What is schizophrenia

Schizophrenia is a diagnosis you may be given if you experience some of the following symptoms:

  • a lack of interest in things
  • feeling disconnected from your feelings
  • difficulty concentrating
  • wanting to avoid people
  • Hallucinations
  • hearing voices
  • Delusions
  • feeling like you need to be protected

“What was real and what was not? I couldn’t tell the difference any longer and it was exhausting.”

“For me, the paranoia is the worst. It is very real and frightening.”

For some people these experiences or beliefs can start happening quite suddenly, but for others they can occur more gradually. You may become upset, anxious, confused and suspicious of other people, particularly anyone who doesn’t agree with your perceptions. You may be unaware or reluctant to believe that you need help.

“I was finding it difficult to talk. The words in my mind just would not come out.”

Delusions, hearing voices and hallucinations are all types of psychosis. See Mind’s booklets Understanding psychosis (online), Understanding paranoia and How to cope with hearing voices for more information.

Positive and negative symptoms

You may hear professionals talk about positive or negative symptoms. This is just a way that people group the symptoms of schizophrenia.

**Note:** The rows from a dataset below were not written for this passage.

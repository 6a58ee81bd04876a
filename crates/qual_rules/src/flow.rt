//! What may make a value private, and the constraints that say so.

ghost use Rattle.c_ast.specs.declared.qualifiers.Qual.TheVariants.{Fixed};
ghost use Rattle.cv_word.specs.declared.registers.Taint.TheVariants.{Priv, Pub};
ghost use Rattle.qual_rules.specs.Flows.{divided, if_private, into, own, passed, public};
ghost use Rattle.qual_rules.specs.Levels.{own_qualifier};
ghost use Rattle.std.specs.Prelude.{◌≡◌, ◌++◌, ◌∷◌, [], IfOk, OnOk};

use crate::levels::own_qualifier;
use c_ast::typed::BinaryOp;
use c_ast::{Items, Qual, Ty};
use cv_word::{NoMemory, Taint};
use qual_solve::Constraint;
use std::alloc::Global;

/// A qualifier that may make a value private, and the place of the node that it comes from.
#[derive(Clone, Copy, Debug, PartialEq, Eq)]
pub struct Source {
    pub q: Qual,
    pub place: u32,
}

/// The source that an object or a result of this type is, if any.
pub fn own(alloc: Global, place: u32, ty: &Ty) -> Result<Items<Source>, NoMemory>
    ensures { IfOk result (λ sources. sources ≡ own place ty.now) }
{
    let mut sources = Items::new(alloc);
    if let Some(q) = own_qualifier(ty) {
        sources.push(Source { q, place })?;
    }
    Ok(sources)
}

/// A cast to a type whose outermost level is written private is a source too.
pub fn push_if_private(sources: &mut Items<Source>, place: u32, ty: &Ty) -> Result<(), NoMemory>
    ensures { OnOk result (sources.new ≡ sources.old ++ if_private place (own_qualifier ty.now)) }
{
    if let Some(Qual::Fixed(Taint::Priv)) = own_qualifier(ty) {
        let q = Qual::Fixed(Taint::Priv);
        sources.push(Source { q, place })?;
    }
    Ok(())
}

/// Each source flows to this.
pub fn push_into(sources: &[Source], to: Qual, out: &mut Vec<Constraint>) -> Result<(), NoMemory>
    ensures { OnOk result (out.new.items ≡ out.old.items ++ into to sources.now) }
{
    for source in sources {
        out.push(Constraint {
            from: source.q,
            to,
            place: source.place,
        })?;
    }
    Ok(())
}

/// No source may be private.
pub fn push_public(sources: &[Source], out: &mut Vec<Constraint>) -> Result<(), NoMemory>
    ensures { OnOk result (out.new.items ≡ out.old.items ++ public sources.now) }
{
    push_into(sources, Qual::Fixed(Taint::Pub), out)
}

/// Each source flows to an object, a parameter or a result of this type.
pub fn push_passed(sources: &[Source], to: &Ty, out: &mut Vec<Constraint>) -> Result<(), NoMemory>
    ensures { OnOk result (out.new.items ≡ out.old.items ++ passed sources.now to.now) }
{
    match own_qualifier(to) {
        Some(q) => push_into(sources, q, out),
        None => Ok(()),
    }
}

/// Operands of a division and of a remainder are public.
pub fn push_divided(
    op: BinaryOp,
    sources: &[Source],
    out: &mut Vec<Constraint>,
) -> Result<(), NoMemory>
    ensures { OnOk result (out.new.items ≡ out.old.items ++ divided op sources.now) }
{
    match op {
        BinaryOp::Div | BinaryOp::Rem => push_public(sources, out),
        _ => Ok(()),
    }
}
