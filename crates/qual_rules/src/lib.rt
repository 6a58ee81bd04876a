//! The constraints on the qualifiers of a typed source, in source order.
//!
//! [`constraints`] answers them. `specs/Flows.antt` says what may make each expression's value private and what its
//! kind asks for, `specs/Levels.antt` how two types are compared level by level, and `specs/Rules.antt` in which order
//! they come.
#![tactic(auto)]

mod expressions;
mod flow;
mod levels;
mod statements;

pub use flow::Source;
pub use statements::constraints;

#[cfg(test)]
mod tests;
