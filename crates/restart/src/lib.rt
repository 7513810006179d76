// The calls of a rebuild: the breadcrumb read back from a chain file after a restart. Each is asked
// document 01's questions about what it is given, and a refusal changes nothing.
#![tactic(auto)]

ghost use Rattle.std.specs.Prelude.{◌≡◌, ◌+◌, ◌≤◌, min, max, length};
ghost use Rattle.refusal.specs.Refusal.{asked};
ghost use Rattle.trail.specs.View as trail;
ghost use Rattle.state.specs.State.{state_of};
ghost use Rattle.ride_log.specs.Entry.{slot as slot_of};
ghost use Rattle.ride_log.specs.Questions.{asks_file};
ghost use Rattle.rebuild.specs.Rebuild as rule;
ghost use Rattle.rebuild.specs.View.{Makes};
ghost use Rattle.restart.specs.Promises.{asks_step, Steps, SettlesBreadcrumb};

use rebuild::Rebuild;
use refusal::Refusal;
use ride_log::{Chain, Entry, file_questions};
use state::Homing;

// Read ride `recovered` and the ride after it back from a log whose slots below `upper` are written.
pub fn new(recovered: u32, upper: usize) -> Rebuild
    ensures { result ≡ rule.new_rebuild recovered }
{
    rebuild::new(recovered, upper)
}

// Every slot below `upper` is read.
pub fn caught_up(r: Rebuild, upper: usize) -> bool
    ensures { result ≡ rule.caught_up upper r }
{
    rebuild::caught_up(r, upper)
}

// ---- the walk over the slots

// The slot at which a walk from `slot` on stops.
fn stop_at(slot: usize, upper: usize, budget: usize) -> usize
    ensures { result ≡ max slot (min (slot + budget) upper) }
{
    slot.saturating_add(budget).min(upper).max(slot)
}

// An entry of a ride before the recovered one is not visited.
fn look(r: &mut Rebuild, h: &mut Homing, crumbs: &mut [f32], e: Entry)
    requires trail_fit { trail.TrailFit h.old.trail (length crumbs.old) }
    requires count_bound { e.count ≤ 4 }
    ensures { Makes (rule.look (Some e) r.old) h.old crumbs.old r.new h.new crumbs.new }
{
    if r.recovered <= e.ride {
        rebuild::visit(r, h, crumbs, e);
    }
}

// Past the end of the chain no slot has a record, and the walk goes to its last one at once.
fn walk_slots(
    r: &mut Rebuild,
    h: &mut Homing,
    crumbs: &mut [f32],
    file: &[u8],
    upper: usize,
    budget: usize,
)
    requires trail_fit { trail.TrailFit h.old.trail (length crumbs.old) }
    requires file_value { asks_file file.now ≡ 0 }
    ensures { Makes (rule.walk budget upper (slot_of file.now) r.old) h.old crumbs.old r.new h.new crumbs.new }
{
    let first = r.walk.slot;
    let stop = stop_at(first, upper, budget);
    for index in Chain::of(file).skip(first).take(stop - first) {
        look(r, h, crumbs, ride_log::entry_at(file, index));
        r.walk.slot += 1;
    }
    r.walk.slot = stop;
}

// ---- the calls

// Every slot is read, and the breadcrumb is settled.
#[tactic(auto, unfolding(rebuild::specs::Rebuild::takes_over))]
fn finished(r: Rebuild, upper: usize) -> bool
    ensures { result ≡ rule.takes_over upper r }
{
    rebuild::is_decided(r.stage) & caught_up(r, upper)
}

// The state and the crumb buffer, then the file.
#[tactic(auto, unfolding(crate::specs::Promises::asks_step))]
fn asks_step(h: &Homing, crumbs: &[f32], file: &[u8]) -> Result<(), Refusal>
    ensures { asked result ≡ asks_step (length crumbs.now) file.now (state_of h.now crumbs.now) }
{
    questions::asks_crumbs(h, crumbs)?;
    file_questions::asks_file(file)
}

// Read up to `budget` more slots below `upper` of the file into the breadcrumb; yes once every slot is
// read and the breadcrumb settled, when live fixes take over (`end_replay`).
pub fn step(
    r: &mut Rebuild,
    h: &mut Homing,
    crumbs: &mut [f32],
    file: &[u8],
    upper: usize,
    budget: usize,
) -> Result<bool, Refusal>
    ensures { Steps budget upper file.now r.old h.old crumbs.old r.new h.new result crumbs.new }
{
    asks_step(h, crumbs, file)?;
    walk_slots(r, h, crumbs, file, upper, budget);
    Ok(finished(*r, upper))
}

// Settle the breadcrumb on a live fix at `utc` instead of the later ride's first one in the log.
pub fn settle(r: &mut Rebuild, h: &mut Homing, utc: Option<u64>) -> Result<(), Refusal>
    ensures { SettlesBreadcrumb utc r.old h.old r.new h.new result }
{
    questions::asks_state(h)?;
    rebuild::settle(r, h, utc);
    Ok(())
}
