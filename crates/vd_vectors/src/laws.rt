//! Laws of the definitions, each as the contract of a function that does nothing.

ghost use Rattle.vd_vectors.specs.Laws.{LengthsStay, TwoValuesAreBits};
ghost use Rattle.vd_vectors.specs.Support.{DeniedBySupport, SupportGivesOperators};

/// On '0' and '1' the tables of STD_ULOGIC are the operators of BIT and BOOLEAN.
pub fn two_values_are_bits()
    ensures { TwoValuesAreBits }
{}

/// Logical operators and shifts give as many elements as their operands have.
pub fn results_are_as_long()
    ensures { LengthsStay }
{}

/// What the functions of the support package give is what the operators give that they stand for, or `not` of it.
pub fn support_functions_are_operators()
    ensures same { SupportGivesOperators }
    ensures denied { DeniedBySupport }
{}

  • Positive symptoms – things that most people do not normally experience, for example strange thinking, hallucinations and delusions.
  • Negative symptoms – when you lack some emotional responses or thought processes that most people normally experience, for example lack of motivation.

Impact on day-to-day life

The symptoms of schizophrenia can be disruptive and have an impact on your ability to carry on with day-to-day tasks, such as going to work, maintaining relationships with other people, caring for yourself or for others.

Cognitive behaviour therapy (CBT) can help you to deal with this added stress and to develop ways of managing your symptoms. You might also find it helpful to talk and share coping tips with other people in the same situation. See  ‘Useful contacts’ for organisations that can help you find groups like this in your area.

Schizophrenia and stigma

There is more media misinformation about schizophrenia than about any other type of mental health problem. A diagnosis of schizophrenia does not mean ‘split personality’, or indicate that someone will swing wildly from being calm to being out of control.

Sensational stories in the press tend to present people with schizophrenia as dangerous, even though most people diagnosed with schizophrenia don’t commit violent crimes. We often think that people who hear voices are dangerous, but actually voices are more likely to suggest that you harm yourself than someone else. It’s important to remember that people also have a choice in whether they do what the voices say.

Diagnoses related to schizophrenia

There are several diagnoses that share many of the same symptoms.

  • For more information on schizoaffective disorder, see Mind’s booklet Understanding schizoaffective disorder
  • For information on schizotypal personality disorder or schizoid personality disorder, see Understanding personality disorders

Different views about diagnosis

Views on schizophrenia have changed over the years. Lots of people have questioned whether schizophrenia is actually one condition or if it might actually be a few different conditions that overlap. Some people say that what the condition is called doesn’t matter and that it would be more helpful to focus on relieving specific symptoms and individual needs.

Other people argue that because psychiatric experts can’t agree on the definition, causes or suitable treatments for schizophrenia, it shouldn’t be used as a diagnostic category at all.

The reality is that many people are still diagnosed with schizophrenia. If you are one of them, it might be helpful to think of a diagnosis more as a tool for treating what you’re currently experiencing, rather than a definite condition or label that you will have to live with forever.